La carte bancaire, plus qu’un simple outil

Qui n’a jamais fantasmé à l’idée "d’avoir une Gold", ou de lancer un "c’est pour moi" au restaurant en agitant fièrement sa carte ? La carte bancaire est un signe (très concret) extérieur de richesse comme en témoigne l’existence de cartes très élitistes, type American Express Centurion ou la Palladium de JP Morgan, inaccessibles pour le commun des mortels.

Elle constitue aussi un rite de passage à l’âge adulte. Les jeunes gens se voient souvent proposer, à l’occasion de leur 18ème anniversaire, l’ouverture d’un compte,  associé à leur toute première carte. Les banques elles-mêmes rivalisent d’originalité en termes d’offres destinées à cette cible au pouvoir d’achat croissant et considérée, par ces établissements, comme des clients potentiels de plus en plus tôt.

La carte bancaire, des petits défauts qui deviennent problématiques

Victime de son succès et bien que sécurisée, la carte bancaire, de part son statut de moyen de paiement principal, est de fait soumise à de nombreux désagréments comme le vol physique ou le piratage en ligne pour ne citer qu’eux. L’Observatoire national de la délinquance et des réponses pénales (ONDRP) révèle que plus de 800 000 foyers français ont été victimes de fraudes à la carte bancaire entre 2010 et 2013, explosion à relier notamment au développement d’Internet.

Bien sûr, afin d’éviter ces fraudes, des précautions sont prises, avec notamment le code 3D Secure pour les paiements sur Internet ou la possibilité de faire opposition à sa carte par la banque si celle-ci est piratée. Un problème de taille demeure cependant: le tout ou rien inhérent à la carte bancaire. La victime d’un paiement frauduleux (encore faut-il jeter un oeil à son compte courant régulièrement), pourra contacter sa banque pour signaler l’affaire. Mais c’est là que les choses se corsent car la carte étant bloquée, plus aucun paiement n’est donc possible. La banque doit donc lui transmettre une nouvelle carte, ce qui prend quelques jours, rendant ainsi caduques tous ses abonnements car il lui faudra transmettre son nouveau numéro de carte à chaque marchand. Un vrai chemin de croix…

La carte bancaire : une obsolescence inévitable

Une avancée technologique chassant la précédente, la carte avait relégué le chèque aux oubliettes. Il semble que ce soit cette-fois-ci à son tour de ne plus être adaptée aux besoins de ses utilisateurs.

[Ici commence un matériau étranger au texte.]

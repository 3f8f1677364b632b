//! Components without wildcards, and the one name that such a component matches.
ghost use Rattle.std.specs.Prelude.{◌≡◌, false, IfOk};
ghost use Rattle.pv_path.specs.Names.{is_staging};
ghost use Rattle.pv_glob.specs.Matching.{component_matches};
ghost use Rattle.pv_glob.specs.Written.{name_by, written};

use crate::element::{Component, Element};
use crate::pair::copied;
use crate::plain::Plain;
use pv_path::{Bytes, Name, is_name, is_staging};
use std::alloc::{AllocError, Global};

/// Returns the bytes of a component that has no wildcard and no bracket, or `None` for any other (glob(7)).
///
/// The only error is `AllocError`.
pub fn written(alloc: Global, component: &Component) -> Result<Option<Bytes>, AllocError>
    ensures { IfOk result (λ bytes. bytes ≡ written component.now) }
{
    let mut bytes = Bytes::new(alloc);
    for element in component.as_slice() {
        match element {
            Element::Byte(byte) => bytes.push(*byte)?,
            _ => return Ok(None),
        }
    }
    Ok(Some(bytes))
}

/// Returns whether a component matches a name that is not a staging name.
fn is_matched(alloc: Global, component: &Component, name: &Name) -> Result<bool, AllocError>
    requires { is_staging name.now ≡ false }
    ensures { IfOk result (λ matched. matched ≡ component_matches component.now name.now) }
{
    let mut plain = Plain::root(alloc);
    plain.push(copied(component)?)?;
    Ok(plain.matches(&[name.copy()?]))
}

/// Returns the bytes as a name if they are one, it is not a staging name, and the component matches it. Otherwise
/// `None`.
pub(crate) fn name_by(
    alloc: Global,
    component: &Component,
    bytes: &Bytes,
) -> Result<Option<Name>, AllocError>
    ensures { IfOk result (λ name. name ≡ name_by component.now bytes.now) }
{
    let word = bytes.as_slice();
    if !is_name(word) || is_staging(word) {
        return Ok(None);
    }
    let name = Name::of(alloc, word)?;
    if is_matched(alloc, component, &name)? {
        Ok(Some(name))
    } else {
        Ok(None)
    }
}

Tout d’abord, l’intérêt d’un objet physique servant aux paiements semble disparaître. Pour preuve, l'avènement des Apple Pay et autres modes de paiements sans contact semblent mener vers l’élimination d’un quelconque intermédiaire entre le compte en banque et le marchand. De plus, une récente étude Elabe pour SlimPay réalisée en avril 2016 révèle l’émergence de la consommation par abonnement (ou à l’usage) en France, mais aussi dans le reste de l’Europe, notamment en Espagne et au Royaume-Uni. Ce mode de consommation nécessite un moyen de paiement adapté, sécurisé, n’impliquant pas que l’utilisateur effectue une manipulation à chaque échéance ou à chaque date d’expiration. Il permet ainsi  une relation client de plus en plus personnalisée et fluide, mais néanmoins très sécurisée.

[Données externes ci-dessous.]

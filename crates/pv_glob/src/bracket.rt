//! Reads brackets.
ghost use Rattle.std.specs.Prelude.{◌≡◌, ℕ, ◌+◌, ◌<◌, ◌≤◌, ◌++◌, length, take, drop, slice_index, IfSome, IfOk, OnOk, unwrap_or};
ghost use Rattle.std.specs.List.{flat_map, list_any};
ghost use Rattle.std.specs.Option.{option_map};
ghost use Rattle.pv_glob.specs.Elements.{body_length, body_of, class_at, class_named, has_sign, is_bad_class, is_bad_range, is_range, item_length, item_ranges, items_of, length_to_mark, opens_class, sign_length, token_length};

use crate::class::class_named;
use crate::element::ByteRange;
use pv_path::Sequence;
use std::alloc::{AllocError, Global};

/// Returns a text without its first `count` bytes.
pub(crate) fn behind(text: &[u8], count: usize) -> &[u8]
    ensures { result.now ≡ drop count text.now }
{
    if count < text.len() {
        &text[count..]
    } else {
        &[]
    }
}

/// Returns the byte at an index, or NUL past the end.
pub(crate) fn byte_at(text: &[u8], i: usize) -> u8
    ensures { result ≡ slice_index text.now i }
{
    text.get(i).copied().unwrap_or(0)
}

/// Returns whether a text begins with a class.
fn opens_class(text: &[u8]) -> bool
    ensures { result ≡ opens_class text.now }
{
    match text {
        [] | [_] => false,
        [first, mark, ..] => *first == b'[' && (*mark == b':' || *mark == b'.' || *mark == b'='),
    }
}

/// Returns how many bytes come before a mark and `]`.
fn length_to_mark(mark: u8, text: &[u8]) -> Option<usize>
    ensures value { result ≡ length_to_mark mark text.now }
    ensures within { IfSome result (λ n. n + 2 ≤ length text.now) }
{
    for (i, byte) in text.iter().enumerate() {
        if *byte == mark && i + 1 < text.len() && text[i + 1] == b']' {
            return Some(i);
        }
    }
    None
}

/// Returns how many bytes the class or the single byte at the beginning has, or `None` for a class without its end.
fn token_length(text: &[u8]) -> Option<usize>
    requires { 0 < length text.now }
    ensures value { result ≡ token_length text.now }
    ensures within { IfSome result (λ n. (0 < n) × (n ≤ length text.now)) }
{
    if opens_class(text) {
        let name = length_to_mark(byte_at(text, 1), behind(text, 2))?;
        Some(name + 4)
    } else {
        Some(1)
    }
}

/// Returns how many bytes a bracket has between its sign and its end, or `None` if it has no end.
fn body_length(text: &[u8]) -> Option<usize>
    ensures value { result ≡ body_length text.now }
    ensures within { IfSome result (λ n. n < length text.now) }
{
    if text.is_empty() {
        return None;
    }
    let mut length = token_length(text)?;
    let mut rest = behind(text, length);
    while !rest.is_empty() {
        if rest[0] == b']' {
            return Some(length);
        }
        let token = token_length(rest)?;
        length += token;
        rest = behind(rest, token);
    }
    None
}

/// Returns whether a bracket is negated.
pub(crate) fn has_sign(text: &[u8]) -> bool
    ensures { result ≡ has_sign text.now }
{
    match text {
        [] => false,
        [first, ..] => *first == b'!' || *first == b'^',
    }
}

/// Returns how many bytes the sign of negation has.
pub(crate) fn sign_length(text: &[u8]) -> usize
    ensures value { result ≡ sign_length text.now }
    ensures small { result ≤ 1 }
{
    if has_sign(text) { 1 } else { 0 }
}

/// Returns what is inside a bracket, from the text after its `[`, or `None` if it has no end.
pub(crate) fn body_of(text: &[u8]) -> Option<&[u8]>
    ensures { option_map (λ s. s.now) result ≡ body_of text.now }
{
    let inner = behind(text, sign_length(text));
    let length = body_length(inner)?;
    Some(&inner[..length])
}

/// Returns whether a text begins with a byte, `-` and something else.
fn is_range(place: &[u8]) -> bool
    ensures { result ≡ is_range place.now }
{
    !opens_class(place) && place.len() > 2 && place[1] == b'-'
}

/// Returns how many bytes the class, range or single byte at the beginning has.
fn item_length(place: &[u8]) -> usize
    requires { 0 < length place.now }
    ensures value { result ≡ item_length place.now }
    ensures positive { 0 < result }
{
    if opens_class(place) {
        token_length(place).unwrap_or(1)
    } else if is_range(place) {
        2 + token_length(behind(place, 2)).unwrap_or(1)
    } else {
        1
    }
}

/// Returns whether a text begins with a range that ends below its start or at a class.
fn is_bad_range(place: &[u8]) -> bool
    ensures { result ≡ is_bad_range place.now }
{
    is_range(place) && (opens_class(behind(place, 2)) || byte_at(place, 2) < byte_at(place, 0))
}

/// Returns the ranges of the class at the beginning, or `None` if there is no such class.
fn class_at(place: &[u8]) -> Option<&'static [ByteRange]>
    requires { 0 < length place.now }
    ensures { option_map (λ s. s.now) result ≡ class_at place.now }
{
    if byte_at(place, 1) == b':' {
        let name = behind(place, 2);
        class_named(front(name, item_length(place).saturating_sub(4)))
    } else {
        None
    }
}

/// Returns the first `count` bytes of a text, or all of them if there are fewer.
fn front(text: &[u8], count: usize) -> &[u8]
    ensures { result.now ≡ take count text.now }
{
    if count < text.len() {
        &text[..count]
    } else {
        text
    }
}

/// Returns whether a text begins with a class that does not exist.
fn is_bad_class(place: &[u8]) -> bool
    requires { 0 < length place.now }
    ensures { result ≡ is_bad_class place.now }
{
    opens_class(place) && class_at(place).is_none()
}

/// Returns whether a range inside a bracket ends below its start or at a class.
pub(crate) fn has_bad_range(body: &[u8]) -> bool
    ensures { result ≡ list_any is_bad_range (items_of body.now) }
{
    let mut rest = body;
    while !rest.is_empty() {
        if is_bad_range(rest) {
            return true;
        }
        rest = behind(rest, item_length(rest));
    }
    false
}

/// Returns whether a class inside a bracket does not exist.
pub(crate) fn has_bad_class(body: &[u8]) -> bool
    ensures { result ≡ list_any is_bad_class (items_of body.now) }
{
    let mut rest = body;
    while !rest.is_empty() {
        if is_bad_class(rest) {
            return true;
        }
        rest = behind(rest, item_length(rest));
    }
    false
}

/// Adds the ranges `more` at the end.
fn add_all(ranges: &mut Sequence<ByteRange>, more: &[ByteRange]) -> Result<(), AllocError>
    ensures { OnOk result (ranges.new ≡ ranges.old ++ more.now) }
{
    for range in more {
        ranges.push(*range)?;
    }
    Ok(())
}

/// Adds the ranges of the class, range or single byte at the beginning of `place`.
fn add_item(ranges: &mut Sequence<ByteRange>, place: &[u8]) -> Result<(), AllocError>
    requires { 0 < length place.now }
    ensures { OnOk result (ranges.new ≡ ranges.old ++ item_ranges place.now) }
{
    let low = byte_at(place, 0);
    if opens_class(place) {
        if let Some(class) = class_at(place) {
            add_all(ranges, class)?;
        }
    } else if is_range(place) {
        let high = byte_at(place, 2);
        ranges.push(ByteRange { low, high })?;
    } else {
        ranges.push(ByteRange { low, high: low })?;
    }
    Ok(())
}

/// Returns the bytes inside a bracket as ranges.
pub(crate) fn ranges_of(alloc: Global, body: &[u8]) -> Result<Sequence<ByteRange>, AllocError>
    ensures { IfOk result (λ ranges. ranges ≡ flat_map item_ranges (items_of body.now)) }
{
    let mut ranges = Sequence::new(alloc);
    let mut rest = body;
    while !rest.is_empty() {
        add_item(&mut ranges, rest)?;
        rest = behind(rest, item_length(rest));
    }
    Ok(ranges)
}
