//! Reads the elements of a component, and finds their faults.
ghost use Rattle.std.specs.Prelude.{◌≡◌, [], ◌∷◌, ◌<◌, find, length, IfOk};
ghost use Rattle.std.specs.List.{list_any};
ghost use Rattle.pv_glob.specs.declared.pattern_fault.PatternFault.TheVariants.{UnclosedBracket, BadRange, BadClass, Brace};
ghost use Rattle.pv_glob.specs.Elements.{element_at, element_length, elements_of, has_fault_at, set_of};
ghost use Rattle.pv_glob.specs.Parsing.{name_fault};

use crate::bracket::{
    behind, body_of, byte_at, has_bad_class, has_bad_range, has_sign, ranges_of, sign_length,
};
use crate::element::{ByteSet, Element};
use crate::pattern_fault::PatternFault;
use pv_path::is_staging;
use std::alloc::{AllocError, Global};

/// Returns how many bytes the element at the beginning of `place` has.
pub(crate) fn element_length(place: &[u8]) -> usize
    requires { 0 < length place.now }
    ensures value { result ≡ element_length place.now }
    ensures positive { 0 < result }
{
    let text = behind(place, 1);
    match place[0] {
        b'\\' => 2,
        b'[' => match body_of(text) {
            Some(body) => sign_length(text) + body.len() + 2,
            None => text.len() + 1,
        },
        _ => 1,
    }
}

/// Returns the set of a bracket, from the text after its `[`.
fn set_of(alloc: Global, text: &[u8]) -> Result<ByteSet, AllocError>
    ensures { IfOk result (λ set. set ≡ set_of text.now) }
{
    let body = body_of(text).unwrap_or(&[]);
    Ok(ByteSet {
        negated: has_sign(text),
        ranges: ranges_of(alloc, body)?,
    })
}

/// Returns the element at the beginning of `place`.
pub(crate) fn element_at(alloc: Global, place: &[u8]) -> Result<Element, AllocError>
    requires { 0 < length place.now }
    ensures { IfOk result (λ element. element ≡ element_at place.now) }
{
    Ok(match place[0] {
        b'\\' => Element::Byte(byte_at(place, 1)),
        b'*' => Element::Many,
        b'?' => Element::Any,
        b'[' => Element::OneOf(set_of(alloc, behind(place, 1))?),
        byte => Element::Byte(byte),
    })
}

/// Returns whether the element at the beginning of `place` has this fault.
fn has_fault_at(place: &[u8], fault: PatternFault) -> bool
    requires { 0 < length place.now }
    ensures { result ≡ has_fault_at fault place.now }
{
    let text = behind(place, 1);
    let first = place[0];
    match fault {
        PatternFault::UnclosedBracket => first == b'[' && body_of(text).is_none(),
        PatternFault::BadRange => first == b'[' && has_bad_range(body_of(text).unwrap_or(&[])),
        PatternFault::BadClass => first == b'[' && has_bad_class(body_of(text).unwrap_or(&[])),
        PatternFault::Brace => first == b'{' && byte_at(text, 0) == b'}',
        PatternFault::TrailingBackslash => first == b'\\' && text.is_empty(),
        _ => false,
    }
}

/// Returns whether an element of a component has this fault.
pub(crate) fn has_fault(component: &[u8], fault: PatternFault) -> bool
    ensures { result ≡ list_any (has_fault_at fault) (elements_of component.now) }
{
    let mut rest = component;
    while !rest.is_empty() {
        if has_fault_at(rest, fault) {
            return true;
        }
        rest = behind(rest, element_length(rest));
    }
    false
}

/// Returns the first fault that the elements of a component have before its braces are paired.
pub(crate) fn early_fault(component: &[u8]) -> Option<PatternFault>
    ensures { result ≡ find (λ f. list_any (has_fault_at f) (elements_of component.now)) (UnclosedBracket ∷ BadRange ∷ BadClass ∷ Brace ∷ []) }
{
    if has_fault(component, PatternFault::UnclosedBracket) {
        Some(PatternFault::UnclosedBracket)
    } else if has_fault(component, PatternFault::BadRange) {
        Some(PatternFault::BadRange)
    } else if has_fault(component, PatternFault::BadClass) {
        Some(PatternFault::BadClass)
    } else if has_fault(component, PatternFault::Brace) {
        Some(PatternFault::Brace)
    } else {
        None
    }
}

/// Returns what is wrong with a component as a name of a path, or `None` if nothing is.
pub(crate) fn name_fault(component: &[u8]) -> Option<PatternFault>
    ensures { result ≡ name_fault component.now }
{
    if matches!(component, b"." | b"..") {
        Some(PatternFault::DotComponent)
    } else if is_staging(component) {
        Some(PatternFault::StagingName)
    } else {
        None
    }
}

Alors que la réglementation a accompagné ces nouvelles pratiques (DSP1 en 2007, zone SEPA en 2012 et DPS2 aujourd’hui), elle a également permis l’émergence de nouveaux acteurs dans l’industrie du paiement, notamment de ceux qui proposent des alternatives à la carte bancaire telles que le prélèvement, beaucoup plus plus adapté à des paiements récurrents dans le cadre d’abonnements. Citons aussi l’idée du moyen de paiement instantané qui, demain, permettra au consommateur, dans un cadre tout aussi sécurisé qu’une banque en ligne, de payer sans quitter la page du e-commerçant, tandis que ce dernier bénéficiera d'un paiement sûr et non contestable.

Il faut rendre à César ce qui est à César. La carte bancaire est encore aujourd’hui un moyen de paiement bien pratique et très utilisé. Cependant, les technologies, et c’est leur vocation originelle, n’ont de cesse de se réinventer et d'élargir le champs des possibles. Ce n’est pas la fin de la carte bancaire. Mais, assurément, son heure de gloire est révolue.